◆ Exercise aim: Only the number is needed: the count of lines in the records with the word "phase".

(Saved data entries)
┄┄┄┄┄┄┄┄┄┄┄┄┄┄┄┄┄┄┄┄

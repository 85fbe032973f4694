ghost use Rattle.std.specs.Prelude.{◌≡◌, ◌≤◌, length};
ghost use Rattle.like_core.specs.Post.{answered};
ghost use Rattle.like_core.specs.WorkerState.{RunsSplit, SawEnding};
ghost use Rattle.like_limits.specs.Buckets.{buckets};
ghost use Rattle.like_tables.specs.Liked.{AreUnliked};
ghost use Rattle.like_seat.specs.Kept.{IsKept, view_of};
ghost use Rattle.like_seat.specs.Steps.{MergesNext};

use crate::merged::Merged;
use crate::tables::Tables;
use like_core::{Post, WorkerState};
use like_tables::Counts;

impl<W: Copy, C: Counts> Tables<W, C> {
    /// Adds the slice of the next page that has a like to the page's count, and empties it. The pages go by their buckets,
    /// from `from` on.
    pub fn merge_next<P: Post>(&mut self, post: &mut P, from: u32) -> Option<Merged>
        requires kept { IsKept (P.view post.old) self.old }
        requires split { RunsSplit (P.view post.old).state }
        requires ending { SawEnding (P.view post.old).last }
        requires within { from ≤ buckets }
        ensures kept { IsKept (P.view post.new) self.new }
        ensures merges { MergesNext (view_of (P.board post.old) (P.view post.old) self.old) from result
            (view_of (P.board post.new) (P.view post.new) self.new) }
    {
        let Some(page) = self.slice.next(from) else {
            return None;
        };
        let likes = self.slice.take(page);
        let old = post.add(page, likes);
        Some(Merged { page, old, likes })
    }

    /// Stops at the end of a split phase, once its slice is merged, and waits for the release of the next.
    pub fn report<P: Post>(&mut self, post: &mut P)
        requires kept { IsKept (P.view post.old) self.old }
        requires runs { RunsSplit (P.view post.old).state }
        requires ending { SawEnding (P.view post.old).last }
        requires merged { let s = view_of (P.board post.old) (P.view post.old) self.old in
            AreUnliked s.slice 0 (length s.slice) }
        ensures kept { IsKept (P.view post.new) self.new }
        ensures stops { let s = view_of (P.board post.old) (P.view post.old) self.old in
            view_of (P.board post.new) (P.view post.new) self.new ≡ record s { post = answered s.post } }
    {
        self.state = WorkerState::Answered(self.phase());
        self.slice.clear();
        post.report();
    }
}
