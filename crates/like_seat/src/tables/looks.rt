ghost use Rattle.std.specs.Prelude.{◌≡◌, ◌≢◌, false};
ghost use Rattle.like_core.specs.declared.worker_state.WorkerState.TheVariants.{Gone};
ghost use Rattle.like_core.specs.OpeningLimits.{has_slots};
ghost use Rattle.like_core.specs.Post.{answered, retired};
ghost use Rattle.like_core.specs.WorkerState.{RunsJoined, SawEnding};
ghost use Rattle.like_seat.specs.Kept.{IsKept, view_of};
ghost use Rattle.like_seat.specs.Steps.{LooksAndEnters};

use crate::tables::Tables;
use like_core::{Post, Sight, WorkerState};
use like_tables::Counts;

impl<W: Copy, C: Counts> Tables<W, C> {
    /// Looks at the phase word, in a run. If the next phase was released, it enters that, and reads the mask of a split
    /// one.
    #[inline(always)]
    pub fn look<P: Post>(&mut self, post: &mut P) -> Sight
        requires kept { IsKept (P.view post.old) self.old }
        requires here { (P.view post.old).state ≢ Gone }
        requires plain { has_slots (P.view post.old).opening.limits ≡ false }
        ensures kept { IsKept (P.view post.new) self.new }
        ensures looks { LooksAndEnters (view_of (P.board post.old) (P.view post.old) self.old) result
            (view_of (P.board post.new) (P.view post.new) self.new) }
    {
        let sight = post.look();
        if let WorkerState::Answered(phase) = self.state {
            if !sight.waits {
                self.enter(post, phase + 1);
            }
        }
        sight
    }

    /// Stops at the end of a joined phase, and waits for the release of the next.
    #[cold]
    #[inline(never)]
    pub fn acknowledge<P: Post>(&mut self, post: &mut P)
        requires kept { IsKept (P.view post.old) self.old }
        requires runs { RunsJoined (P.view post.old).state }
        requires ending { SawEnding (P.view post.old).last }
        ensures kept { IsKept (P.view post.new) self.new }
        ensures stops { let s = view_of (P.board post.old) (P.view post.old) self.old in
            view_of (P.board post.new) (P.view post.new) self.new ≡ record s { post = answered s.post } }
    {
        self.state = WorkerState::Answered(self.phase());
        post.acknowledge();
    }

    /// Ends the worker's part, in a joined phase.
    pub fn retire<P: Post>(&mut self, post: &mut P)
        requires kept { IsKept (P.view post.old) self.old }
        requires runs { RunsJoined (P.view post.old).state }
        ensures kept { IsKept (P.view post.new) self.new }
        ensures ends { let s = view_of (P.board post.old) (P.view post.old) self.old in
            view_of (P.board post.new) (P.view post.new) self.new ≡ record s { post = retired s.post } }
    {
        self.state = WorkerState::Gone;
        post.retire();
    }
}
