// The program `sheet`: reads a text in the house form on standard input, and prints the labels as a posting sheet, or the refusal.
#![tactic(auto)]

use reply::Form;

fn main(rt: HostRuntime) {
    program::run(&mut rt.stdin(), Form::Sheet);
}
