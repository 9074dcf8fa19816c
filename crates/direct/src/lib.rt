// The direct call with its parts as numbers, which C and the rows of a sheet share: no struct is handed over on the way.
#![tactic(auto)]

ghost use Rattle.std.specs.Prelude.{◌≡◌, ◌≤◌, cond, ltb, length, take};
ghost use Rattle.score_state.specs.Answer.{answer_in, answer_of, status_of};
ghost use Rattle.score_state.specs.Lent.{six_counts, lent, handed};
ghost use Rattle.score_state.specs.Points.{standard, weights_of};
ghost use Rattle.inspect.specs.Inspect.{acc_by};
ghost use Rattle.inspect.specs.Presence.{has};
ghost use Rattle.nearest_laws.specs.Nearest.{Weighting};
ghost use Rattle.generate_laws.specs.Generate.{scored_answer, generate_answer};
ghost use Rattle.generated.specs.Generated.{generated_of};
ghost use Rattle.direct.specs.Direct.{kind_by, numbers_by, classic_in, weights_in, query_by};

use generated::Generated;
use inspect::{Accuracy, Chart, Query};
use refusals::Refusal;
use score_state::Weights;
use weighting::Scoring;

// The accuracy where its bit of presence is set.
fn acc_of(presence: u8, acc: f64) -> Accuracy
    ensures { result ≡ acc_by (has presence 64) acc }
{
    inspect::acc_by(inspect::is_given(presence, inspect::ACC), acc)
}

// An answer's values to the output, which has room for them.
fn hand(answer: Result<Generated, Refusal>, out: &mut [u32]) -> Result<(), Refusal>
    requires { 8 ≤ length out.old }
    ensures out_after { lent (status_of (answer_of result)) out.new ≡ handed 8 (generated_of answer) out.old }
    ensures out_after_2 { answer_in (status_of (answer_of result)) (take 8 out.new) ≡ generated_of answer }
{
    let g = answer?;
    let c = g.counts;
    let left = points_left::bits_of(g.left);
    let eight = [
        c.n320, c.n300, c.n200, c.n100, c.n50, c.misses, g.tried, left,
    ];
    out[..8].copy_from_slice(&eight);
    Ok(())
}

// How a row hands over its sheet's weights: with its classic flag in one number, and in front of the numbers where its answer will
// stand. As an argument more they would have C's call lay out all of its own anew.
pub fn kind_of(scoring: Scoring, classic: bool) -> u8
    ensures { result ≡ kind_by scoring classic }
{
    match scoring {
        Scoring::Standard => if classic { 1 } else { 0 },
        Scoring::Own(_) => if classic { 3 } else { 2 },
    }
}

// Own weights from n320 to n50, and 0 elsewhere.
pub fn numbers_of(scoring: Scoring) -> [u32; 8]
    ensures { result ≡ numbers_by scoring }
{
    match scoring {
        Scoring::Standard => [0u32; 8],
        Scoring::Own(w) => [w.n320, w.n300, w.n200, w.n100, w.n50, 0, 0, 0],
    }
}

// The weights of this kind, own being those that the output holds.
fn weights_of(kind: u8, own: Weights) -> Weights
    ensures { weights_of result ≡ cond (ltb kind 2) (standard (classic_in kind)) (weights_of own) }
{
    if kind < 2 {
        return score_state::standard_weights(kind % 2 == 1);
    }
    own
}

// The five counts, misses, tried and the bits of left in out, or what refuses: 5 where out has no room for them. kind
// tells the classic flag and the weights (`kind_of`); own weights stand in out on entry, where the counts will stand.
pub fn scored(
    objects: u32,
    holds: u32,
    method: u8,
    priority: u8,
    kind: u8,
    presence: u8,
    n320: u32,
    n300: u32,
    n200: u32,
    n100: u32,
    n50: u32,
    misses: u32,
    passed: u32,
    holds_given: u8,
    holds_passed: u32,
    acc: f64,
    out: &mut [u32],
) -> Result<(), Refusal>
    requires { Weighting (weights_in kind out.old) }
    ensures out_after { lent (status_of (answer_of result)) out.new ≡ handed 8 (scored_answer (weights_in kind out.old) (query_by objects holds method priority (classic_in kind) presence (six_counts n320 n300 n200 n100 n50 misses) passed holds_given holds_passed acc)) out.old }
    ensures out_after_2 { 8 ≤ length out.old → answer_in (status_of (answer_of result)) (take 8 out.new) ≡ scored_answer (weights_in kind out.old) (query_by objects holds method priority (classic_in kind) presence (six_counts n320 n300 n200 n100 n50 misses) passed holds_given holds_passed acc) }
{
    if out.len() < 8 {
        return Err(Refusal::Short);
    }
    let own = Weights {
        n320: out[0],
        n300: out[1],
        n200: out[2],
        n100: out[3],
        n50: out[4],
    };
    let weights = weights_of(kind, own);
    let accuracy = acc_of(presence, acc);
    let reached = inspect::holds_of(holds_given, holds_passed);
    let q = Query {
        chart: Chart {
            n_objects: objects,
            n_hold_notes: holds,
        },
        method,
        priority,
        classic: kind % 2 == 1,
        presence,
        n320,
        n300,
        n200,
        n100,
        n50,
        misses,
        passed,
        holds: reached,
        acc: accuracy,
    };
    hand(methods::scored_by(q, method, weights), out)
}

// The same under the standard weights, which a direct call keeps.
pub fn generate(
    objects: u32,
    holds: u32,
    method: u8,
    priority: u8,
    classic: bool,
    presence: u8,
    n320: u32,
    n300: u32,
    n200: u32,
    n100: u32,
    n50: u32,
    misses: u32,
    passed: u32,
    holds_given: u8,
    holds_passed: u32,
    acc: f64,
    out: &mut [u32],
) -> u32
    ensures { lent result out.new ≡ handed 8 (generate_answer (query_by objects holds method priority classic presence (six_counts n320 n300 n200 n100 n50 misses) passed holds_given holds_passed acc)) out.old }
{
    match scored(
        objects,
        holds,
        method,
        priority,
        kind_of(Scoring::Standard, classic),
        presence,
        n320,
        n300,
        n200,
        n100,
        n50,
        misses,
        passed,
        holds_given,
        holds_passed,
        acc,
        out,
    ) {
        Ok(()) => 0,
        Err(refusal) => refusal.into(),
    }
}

┄┄┄┄┄┄┄┄┄┄┄┄┄┄┄┄┄┄┄┄

◆ Your response: 8